Hi!

The following testcase is miscompiled on x86_64-linux at -O2 by the combiner.
We have from earlier combinations
(insn 22 21 23 4 (set (reg:SI 104 [ _7 ])
        (const_int 0 [0])) "pr119291.c":25:15 96 {*movsi_internal}
     (nil))
(insn 23 22 24 4 (set (reg/v:SI 117 [ e ])
        (reg/v:SI 116 [ e ])) 96 {*movsi_internal}
     (expr_list:REG_DEAD (reg/v:SI 116 [ e ])
        (nil)))
(note 24 23 25 4 NOTE_INSN_DELETED)
(insn 25 24 26 4 (parallel [
            (set (reg:CCZ 17 flags)
                (compare:CCZ (neg:SI (reg:SI 104 [ _7 ]))
                    (const_int 0 [0])))
            (set (reg/v:SI 116 [ e ])
                (neg:SI (reg:SI 104 [ _7 ])))
        ]) "pr119291.c":26:13 977 {*negsi_2}
     (expr_list:REG_DEAD (reg:SI 104 [ _7 ])
        (nil)))
(note 26 25 27 4 NOTE_INSN_DELETED)
(insn 27 26 28 4 (set (reg:DI 128 [ _9 ])
        (ne:DI (reg:CCZ 17 flags)
            (const_int 0 [0]))) "pr119291.c":26:13 1447 {*setcc_di_1}
     (expr_list:REG_DEAD (reg:CCZ 17 flags)
        (nil)))
and try_combine is called on i3 25 and i2 22 (second time)
and reach the hunk being patched with simplified i3
(insn 25 24 26 4 (parallel [
            (set (pc)
                (pc))
            (set (reg/v:SI 116 [ e ])
                (const_int 0 [0]))
        ]) "pr119291.c":28:13 977 {*negsi_2}
     (expr_list:REG_DEAD (reg:SI 104 [ _7 ])
        (nil)))
and
(insn 22 21 23 4 (set (reg:SI 104 [ _7 ])
        (const_int 0 [0])) "pr119291.c":27:15 96 {*movsi_internal}
     (nil))
Now, the try_combine code there attempts to split two independent
sets in newpat by moving one of them to i2.
And among other tests it checks
!modified_between_p (SET_DEST (set1), i2, i3)
which is certainly needed, if there would be say
(set (reg/v:SI 116 [ e ]) (const_int 42 [0x2a]))
in between i2 and i3, we couldn't do that, as that set would overwrite
the value set by set1 we want to move to the i2 position.
But in this case pseudo 116 isn't set in between i2 and i3, but used
(and additionally there is a REG_DEAD note for it).

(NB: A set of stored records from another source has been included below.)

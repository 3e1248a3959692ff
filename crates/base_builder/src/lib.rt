// base_builder.rs: the builder of one position and its calls. The tables of its rates are built once
// (crate rate_tables) and passed beside it.
#![tactic(auto)]

mod builder;
mod calls;

pub use builder::{ConsensusBaseBuilder, FULL_COUNT, entry, total};
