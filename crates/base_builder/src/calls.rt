// The call of a position: a shortcut where one replies, and else the long calculation.
ghost use Rattle.std.specs.Prelude.{◌≡◌};
ghost use Rattle.base_builder.specs.Calls.{position_of, unanimous_of, multibase_of, call_full_of, call_of};

use crate::builder::ConsensusBaseBuilder;
use gap_tables::UnanimousGapTables;
use lane_calls::{Call, Position};

impl ConsensusBaseBuilder {
    // What a call takes beside the counts.
    pub fn position(&self) -> Position
        ensures { result ≡ position_of self.now }
    {
        Position {
            likelihoods: self.likelihoods,
            tie_rule: self.tie_rule,
            ln_error_pre_umi: self.ln_error_pre_umi,
        }
    }

    // The shortcut where one base alone was observed. The tables are copied: a loop takes the form
    // that borrows them.
    // kept: rule of the project: the source's own methods take the tables by value
    pub fn try_unanimous_fast_path(self, tables: UnanimousGapTables) -> Option<Call>
        ensures { result ≡ unanimous_of tables self }
    {
        self.try_unanimous_fast_path_with(&tables)
    }

    // The same with the tables borrowed.
    #[tactic(auto, unfolding(crate::specs::Calls::unanimous_of))]
    pub fn try_unanimous_fast_path_with(&self, tables: &UnanimousGapTables) -> Option<Call>
        ensures { result ≡ unanimous_of tables.now self.now }
    {
        unanimous_shortcut::try_unanimous_fast_path(
            self.likelihoods,
            self.observations,
            self.tie_rule,
            tables,
        )
    }

    // The shortcut where two or more bases were observed.
    #[tactic(auto, unfolding(crate::specs::Calls::multibase_of))]
    pub fn try_multibase_fast_path(self) -> Option<Call>
        ensures { result ≡ multibase_of self }
    {
        self.position().try_multibase_fast_path()
    }

    // The long calculation, which asks neither.
    #[tactic(auto, unfolding(crate::specs::Calls::call_full_of))]
    pub fn call_full(self) -> Call
        ensures { result ≡ call_full_of self }
    {
        self.position().call_full()
    }

    // The base and its quality. The tables are copied: a loop takes `call_with`.
    // kept: rule of the project: the source's own methods take the tables by value
    pub fn call(self, tables: UnanimousGapTables) -> Call
        ensures { result ≡ call_of tables self }
    {
        self.call_with(&tables)
    }

    // The same with the tables borrowed. What the first shortcut defers goes the way of the others.
    #[tactic(auto, unfolding(crate::specs::Calls::call_of, crate::specs::Calls::long_way, crate::specs::Calls::multibase_of, crate::specs::Calls::call_full_of))]
    pub fn call_with(&self, tables: &UnanimousGapTables) -> Call
        ensures { result ≡ call_of tables.now self.now }
    {
        if self.contributions() == 0 {
            return Call::none();
        }
        self.try_unanimous_fast_path_with(tables)
            .unwrap_or_else(|| self.position().call_lanes())
    }
}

This is equally bad for the move, because while the i3 insn
and later will see the pseudo value that we set, the insn in between
which uses the value will see a different value from the one that
it should see.

As we don't check for that, in the end try_combine succeeds and
changes the IL to:
(insn 22 21 23 4 (set (reg/v:SI 116 [ e ])
        (const_int 0 [0])) "pr119291.c":27:15 96 {*movsi_internal}
     (nil))
(insn 23 22 24 4 (set (reg/v:SI 117 [ e ])
        (reg/v:SI 116 [ e ])) 96 {*movsi_internal}
     (expr_list:REG_DEAD (reg/v:SI 116 [ e ])
        (nil)))
(note 24 23 25 4 NOTE_INSN_DELETED)
(insn 25 24 26 4 (set (pc)
        (pc)) "pr119291.c":28:13 2147483647 {NOOP_MOVE}
     (nil))
(note 26 25 27 4 NOTE_INSN_DELETED)
(insn 27 26 28 4 (set (reg:DI 128 [ _9 ])
        (const_int 0 [0])) "pr119291.c":28:13 95 {*movdi_internal}
     (nil))
(note, the i3 got turned into a nop and try_combine also modified insn 27).

The following patch replaces the modified_between_p
tests with reg_used_between_p, my understanding is that
modified_between_p is a subset of reg_used_between_p, so one
doesn't need both.

Bootstrapped/regtested on x86_64-linux, i686-linux, aarch64-linux,
powerpc64le-linux and s390x-linux, ok for trunk?

Looking at this some more today, I think we should special case
set_noop_p because that can be put into i2 (except for the JUMP_P
violations), currently both modified_between_p (pc_rtx, i2, i3)
and reg_used_between_p (pc_rtx, i2, i3) returns false.
I'll post a patch incrementally for that (but that feels like
new optimization, so probably not something that should be backported).

2025-03-28  Jakub Jelinek  <ja...@redhat.com>

        PR rtl-optimization/119291
        * combine.cc (try_combine): For splitting of PARALLEL with
        2 independent SETs into i2 and i3 sets check reg_used_between_p
        of the SET_DESTs rather than just modified_between_p.

        * gcc.c-torture/execute/pr119291.c: New test.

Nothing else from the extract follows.